The major advancements in the Jessica and Kilgrave plot make this episode a considerable improvement over the last episode, but unfortunately, this show can’t have Ruben’s death without addressing how his sister Robyn fits into all of this. Colby Minifie’s cartoonish performance as Robyn doesn’t fit the tone of the rest of the series, and it’s always jarring when she shows up on screen. She may be intended to serve as comic relief, but there’s an abrasive quality to the character that strips away the humor and makes her unpleasant to watch. The relationship between Robyn and Ruben is confusing, and while they may just be those kinds of siblings that have an overly intimate relationship, there’s some unsettling incestuous subtext in Robyn’s obsession with her brother and her jealousy over Jessica becoming his infatuation. The combination of her exaggerated performance and overwrought dialogue kills the momentum whenever she appears, pulling the viewer out of an otherwise engaging episode.
Stray observations
- While the Jeri/Pam/Wendy thread still feels like an afterthought, it gets some significant momentum this week. Robin Weigert gets to play two very different sides of Wendy, starting as the terrified victim of Jessica’s misplaced aggression before vindictively fighting back against Jeri by blackmailing her with evidence that she bribed a jury member in the past, and Wendy’s increasing hostility makes the conflict between all three of them tenser.

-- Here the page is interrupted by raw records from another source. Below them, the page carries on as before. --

//! What memory the process can still have, and from which call on.
use super::short::{SIZES, Short};
use std::alloc::Global;
use task_program::AllocFault;

/// What is left when memory is taken.
#[derive(Clone, Copy)]
pub(super) enum Left {
    /// This many bytes in a row, and next to nothing else.
    Row(usize),
    /// Blocks of every size but one.
    Blocks(Short),
}

/// Blocks that are held so that no other allocation can have their memory. Nothing is written to them:
/// they take addresses, of which a process has 2^47, and next to no memory of the machine.
#[derive(Drop)]
pub(super) struct Supply {
    alloc: Global,
    blocks: Vec<Vec<u8>>,
    /// So many of them are held for good.
    kept: usize,
    /// Blocks that are made only to be freed again.
    pieces: Vec<Vec<u8>>,
    /// What is left, and from which call on.
    left: Option<(Left, usize)>,
    calls: usize,
    was_refused: bool,
    /// Where it is false nothing is held, though all else is done: a stack that has grown as far as
    /// it will need not grow where no address is left.
    is_scarce: bool,
}

/// What `checks/hostile/refused_growths.py gate` reads.
#[derive(Clone, Copy)]
enum Event {
    TurnBegins,
    Taking,
    Taken,
    TurnEnds,
}

/// The lists have room for all that they get, so that they take no memory later.
const MOST_BLOCKS: usize = 1 << 18;

const MOST_PIECES: usize = 1 << 12;

/// The size of the first block that is tried, and then half of it, and so on.
const LARGEST: usize = 1 << 46;

/// So many bytes are left where memory is ample again.
const AMPLE: usize = 1 << 30;

/// Pieces are cut from so many blocks of this size, which lie in a row.
const REGION: (usize, usize) = (12, 60_000);

/// So many freed blocks of each small size the C library keeps for requests of that very size.
pub(super) const KEPT_OF_A_SIZE: usize = 7;

impl Supply {
    /// All that the system gives.
    pub(super) fn ample(alloc: Global) -> Supply {
        Supply {
            alloc,
            blocks: Vec::new(alloc),
            kept: 0,
            pieces: Vec::new(alloc),
            left: None,
            calls: 0,
            was_refused: false,
            is_scarce: false,
        }
    }

    /// No more than `AMPLE`, and as little as a turn leaves.
    pub(super) fn scarce(alloc: Global) -> Result<Supply, AllocFault> {
        let mut supply = Supply {
            blocks: Vec::with_capacity(alloc, MOST_BLOCKS)?,
            pieces: Vec::with_capacity(alloc, MOST_PIECES)?,
            is_scarce: true,
            ..Supply::ample(alloc)
        };
        let ample = Vec::<u8>::with_capacity(alloc, AMPLE)?;
        for halvings in 0..17u32 {
            supply.hold_all(LARGEST >> halvings);
        }
        supply.kept = supply.blocks.len();
        drop(ample);
        Ok(supply)
    }

    /// From now on memory is taken before the call of this number, counted from 0.
    pub(super) fn begin_turn(&mut self, left: Left, call: usize) {
        self.restore();
        self.was_refused = false;
        self.calls = 0;
        self.left = Some((left, call));
        self.tell(Event::TurnBegins);
    }

    /// A call comes next, or a part of one.
    pub(super) fn before_call(&mut self) {
        let number = self.calls;
        self.calls = number.saturating_add(1);
        if let Some((left, call)) = self.left
            && call == number
        {
            self.take(left);
        }
    }

    fn take(&mut self, left: Left) {
        self.tell(Event::Taking);
        match left {
            Left::Row(bytes) => self.leave_row(bytes),
            Left::Blocks(short) => self.leave_blocks(short),
        }
        self.tell(Event::Taken);
    }

    /// Asks for more than there ever is, which changes nothing, so that a library before the system's
    /// `malloc` can count what is asked for in a turn.
    fn tell(&self, event: Event) {
        let _ = Vec::<u8>::with_capacity(self.alloc, usize::MAX / 2 - event as usize);
    }

    /// An allocation was refused: from now on there is ample memory.
    pub(super) fn refused(&mut self) {
        self.was_refused = true;
        self.left = None;
        self.restore();
    }

    /// Gives back what was taken, at the end of a turn.
    pub(super) fn restore(&mut self) {
        self.tell(Event::TurnEnds);
        self.pieces.truncate(0);
        self.blocks.truncate(self.kept);
    }

    /// Whether an allocation was refused in this turn.
    pub(super) fn was_refused(&self) -> bool {
        self.was_refused
    }

    /// How many calls were made in this turn.
    pub(super) fn calls(&self) -> usize {
        self.calls
    }

    fn leave_row(&mut self, bytes: usize) {
        self.fill_kept();
        let left = Vec::<u8>::with_capacity(self.alloc, bytes);
        self.hold_everything();
        drop(left);
    }

    /// Cuts pieces from one region, each between blocks that are held, holds all else, and then
    /// frees the pieces. Those of the size that takes the place of the short one come last, and go
    /// first: some are kept for that very size, and the others anyone can have.
    fn leave_blocks(&mut self, short: Short) {
        self.fill_kept();
        for _ in 0..REGION.0 {
            self.cut(REGION.1);
        }
        self.hold_everything();
        self.pieces.truncate(0);
        for size in short.long_blocks() {
            self.cut_apart(*size, 1);
        }
        for number in 0..SIZES {
            self.cut_apart(Short::request(number), short.pieces(number));
        }
        let others = self.pieces.len();
        let stand_in = Short::request(short.number.saturating_add(1));
        self.cut_apart(stand_in, short.blocks.saturating_add(KEPT_OF_A_SIZE));
        self.hold_arena();
        self.pieces.truncate(others);
        for _ in short.spare..KEPT_OF_A_SIZE {
            self.hold(stand_in);
        }
        self.pieces.truncate(0);
    }

    /// Pieces of one size, none next to another.
    fn cut_apart(&mut self, size: usize, count: usize) {
        for _ in 0..count {
            self.cut(size);
            self.hold(16);
        }
    }

    fn cut(&mut self, size: usize) {
        if let Ok(piece) = Vec::with_capacity(self.alloc, size) {
            let _ = self.pieces.push(piece);
        }
    }

    /// Lets the C library keep as many freed blocks of each small size as it ever does.
    fn fill_kept(&mut self) {
        for number in 0..SIZES {
            for _ in 0..KEPT_OF_A_SIZE {
                self.cut(Short::request(number));
            }
        }
        self.pieces.truncate(0);
    }

    /// Holds all that is free, in whatever blocks it lies. Those that are kept for requests of their
    /// size come last.
    fn hold_everything(&mut self) {
        self.hold_arena();
        for number in 0..SIZES {
            for _ in 0..KEPT_OF_A_SIZE {
                self.hold(Short::request(number));
            }
        }
    }

    /// Holds all but the blocks that are kept for requests of their size.
    fn hold_arena(&mut self) {
        for halvings in 0..27u32 {
            self.hold_all(AMPLE >> halvings);
        }
    }

    /// Holds blocks of this size until one is refused.
    fn hold_all(&mut self, size: usize) {
        for _ in 0..MOST_BLOCKS {
            if !self.hold(size) {
                return;
            }
        }
    }

    /// Holds a block of this size; false where it is refused.
    fn hold(&mut self, size: usize) -> bool {
        match Vec::with_capacity(self.alloc, size) {
            Ok(block) if self.is_scarce => self.blocks.push(block).is_ok(),
            _ => false,
        }
    }
}
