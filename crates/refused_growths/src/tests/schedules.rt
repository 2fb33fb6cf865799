//! Analyses, spans, greedy runs, and trials of costs.
use super::made_again;
use super::programs::{assert_worked, graph_of};
use super::supply::Supply;
use dispatch_core::graph::Graph;
use greedy_sim::curve::curve;
use greedy_sim::greedy::{GreedyFault, GreedyRun, greedy};
use span_analysis::analysis::{Analysis, analyse};
use span_analysis::span::span_of;
use std::alloc::{AllocGlobal, Global};
use std::process::Abort;
use std::test::Fail;
use std::thread::Threads;
use task_program::AllocFault;
use whatif_costs::fault::WhatFault;
use whatif_costs::new_costs::NewCost;
use whatif_costs::what_if::WhatIf;

fn analysed(alloc: Global, graph: &Graph) -> Result<Analysis, AllocFault> {
    analyse(alloc, graph)
}

/// The analysis of the worked program.
fn analysis_of<H: AllocGlobal + Abort>(rt: &H, supply: &mut Supply) -> Result<Analysis, Fail> {
    let graph = graph_of(rt, supply)?;
    supply.before_call();
    match analysed(rt.alloc(), &graph) {
        Ok(found) => Ok(found),
        Err(_) => {
            supply.refused();
            assert_worked(rt, &graph);
            Ok(analysed(rt.alloc(), &graph)?)
        }
    }
}

/// The earliest schedule and the chain of the worked program.
pub(super) fn analysis<H: AllocGlobal + Abort>(rt: &H, supply: &mut Supply) -> Result<(), Fail> {
    let found = analysis_of(rt, supply)?;
    assert_eq!(rt; (found.work(), found.span()), (11, 9));
    assert_eq!(rt; found.starts(), [0, 5, 5, 8].as_slice());
    assert_eq!(rt; found.chain(), [0, 1, 3].as_slice());
    Ok(())
}

fn measured(alloc: Global, graph: &Graph) -> Result<u64, AllocFault> {
    span_of(alloc, graph)
}

/// The span of the worked program, without its slacks.
pub(super) fn span<H: AllocGlobal + Abort>(rt: &H, supply: &mut Supply) -> Result<(), Fail> {
    let graph = graph_of(rt, supply)?;
    supply.before_call();
    let span = match measured(rt.alloc(), &graph) {
        Ok(span) => span,
        Err(_) => {
            supply.refused();
            assert_worked(rt, &graph);
            measured(rt.alloc(), &graph)?
        }
    };
    assert_eq!(rt; span, 9);
    Ok(())
}

fn run_on_two(alloc: Global, graph: &Graph) -> Result<GreedyRun, GreedyFault> {
    greedy(alloc, graph, 2)
}

fn run_of<H: AllocGlobal + Abort>(
    rt: &H,
    supply: &mut Supply,
    graph: &Graph,
) -> Result<GreedyRun, Fail> {
    supply.before_call();
    match run_on_two(rt.alloc(), graph) {
        Ok(run) => Ok(run),
        Err(fault) => {
            supply.refused();
            assert_eq!(rt; fault, GreedyFault::OutOfMemory);
            Ok(run_on_two(rt.alloc(), graph)?)
        }
    }
}

/// The greedy run on two threads.
pub(super) fn greedy_run<H: AllocGlobal + Abort>(rt: &H, supply: &mut Supply) -> Result<(), Fail> {
    let graph = graph_of(rt, supply)?;
    let run = run_of(rt, supply, &graph)?;
    assert_eq!(rt; run.end(), 9);
    Ok(())
}

fn ends_of<H: Threads + Sync>(
    rt: &H,
    alloc: Global,
    graph: &Graph,
) -> Result<Vec<u64>, GreedyFault> {
    curve(rt, alloc, graph, 3)
}

/// The ends on one to three threads. A thread that does not start is out of memory too.
pub(super) fn ends<H: AllocGlobal + Threads + Abort + Sync>(
    rt: &H,
    supply: &mut Supply,
) -> Result<(), Fail> {
    let graph = graph_of(rt, supply)?;
    supply.before_call();
    let ends = match ends_of(rt, rt.alloc(), &graph) {
        Ok(ends) => ends,
        Err(fault) => {
            supply.refused();
            assert_eq!(rt; fault, GreedyFault::OutOfMemory);
            ends_of(rt, rt.alloc(), &graph)?
        }
    };
    assert_eq!(rt; ends.as_slice(), [11, 9, 9].as_slice());
    Ok(())
}

/// A trial of a graph, or the graph back.
fn new_trial(alloc: Global, graph: Graph) -> Result<WhatIf, Graph> {
    match WhatIf::new(alloc, graph) {
        Ok(trial) => Ok(trial),
        Err(fault) => Err(fault.graph),
    }
}

fn trial_of<H: AllocGlobal + Abort>(rt: &H, supply: &mut Supply) -> Result<WhatIf, Fail> {
    let graph = graph_of(rt, supply)?;
    supply.before_call();
    match new_trial(rt.alloc(), graph) {
        Ok(trial) => Ok(trial),
        Err(graph) => {
            supply.refused();
            assert_worked(rt, &graph);
            made_again(new_trial(rt.alloc(), graph))
        }
    }
}

fn set(trial: &mut WhatIf, segment: u32, cost: u64) -> Result<u64, WhatFault> {
    trial.set(segment, cost)
}

/// Segment 2 costs 4, and segment 1 costs 5.
const RAISED: &[NewCost] = &[
    NewCost {
        segment: 2,
        cost: 4,
    },
    NewCost {
        segment: 1,
        cost: 5,
    },
];

fn set_all(trial: &mut WhatIf, changes: &[NewCost]) -> Result<u64, WhatFault> {
    trial.set_all(changes)
}

fn reset(trial: &mut WhatIf) -> Result<u64, WhatFault> {
    trial.reset()
}

fn assert_sums(rt: &impl Abort, trial: &WhatIf, work: u64, span: u64) {
    assert_eq!(rt; (trial.work(), trial.span()), (work, span));
}

/// A refused change leaves the trial as it was.
fn assert_set(rt: &impl Abort, supply: &mut Supply, trial: &mut WhatIf) {
    supply.before_call();
    let span = match set(trial, 2, 4) {
        Err(WhatFault::OutOfMemory) => {
            supply.refused();
            assert_sums(rt, trial, 11, 9);
            set(trial, 2, 4)
        }
        answer => answer,
    };
    assert_eq!(rt; span, Ok(10));
    assert_sums(rt, trial, 13, 10);
}

/// So does a refused way back to the graph's own costs.
fn assert_reset(rt: &impl Abort, supply: &mut Supply, trial: &mut WhatIf) {
    supply.before_call();
    let span = match reset(trial) {
        Err(WhatFault::OutOfMemory) => {
            supply.refused();
            assert_sums(rt, trial, 13, 10);
            reset(trial)
        }
        answer => answer,
    };
    assert_eq!(rt; span, Ok(9));
    assert_sums(rt, trial, 11, 9);
}

/// A refused list of changes leaves it so too.
fn assert_set_all(rt: &impl Abort, supply: &mut Supply, trial: &mut WhatIf) {
    supply.before_call();
    let span = match set_all(trial, RAISED) {
        Err(WhatFault::OutOfMemory) => {
            supply.refused();
            assert_sums(rt, trial, 11, 9);
            set_all(trial, RAISED)
        }
        answer => answer,
    };
    assert_eq!(rt; span, Ok(11));
    assert_sums(rt, trial, 15, 11);
}

/// A cost is changed, and changed back, and then two are changed at once.
pub(super) fn trial<H: AllocGlobal + Abort>(rt: &H, supply: &mut Supply) -> Result<(), Fail> {
    let mut trial = trial_of(rt, supply)?;
    assert_set(rt, supply, &mut trial);
    assert_reset(rt, supply, &mut trial);
    assert_set_all(rt, supply, &mut trial);
    Ok(())
}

- Trish’s mom Dorothy makes her debut in this episode, getting a stern warning from Jessica to keep away from Trish, even if Jessica is in prison. Dorothy is played by Rebecca De Mornay, the female lead in Risky Business, which makes me very excited because I just watched that movie for the first time a few months ago and loved it. Dorothy is broadly drawn in this first appearance, but De Mornay does strong work capturing the character’s cold disposition and hateful opinion of Jessica (or Jessie, as she calls her).
- Trish does the work getting information on Kilgrave’s security detail, and then Simpson forces her out of the investigation as soon as he tracks down their target. Typical machismo bullshit.
- The scene of Jessica on top of the Manhattan bridge with the electric guitar section of the theme song blaring in the background is so corny.
- Why wouldn’t Malcolm just tell Trish about the dead body so that she doesn’t freak out when she suddenly sees a dead body with no real warning.
- I really like the use of muted horns in the soundtrack when Jessica is on the job. It adds a lot of that classic noir atmosphere. I also appreciate the discordant strings when Jessica searches her home for Kilgrave’s gift, which intensifies the chaotic anxiety Jessica feels in that sequence.
- Simpson: “That was intense.” Trish: “Don’t talk.” Simpson: “Whatever you say, boss.”
- “I love Zap Cola ‘cause it tastes great.”
- Dorothy: “Taking you in was the worst decision of my life.” Jessica: “Thanks mom.”
Jessica: “Until what? Until I come home and find my landlady choked out in my bathtub? Or I find you bludgeoned to death with my vacuum cleaner?” Trish: “We both know you don’t own a vacuum cleaner.” - “I’m a top-shelf pervert.”
- “Next person whose phone rings has to eat it!”
- “I am new to love but I do not what it looks like. I do watch television!”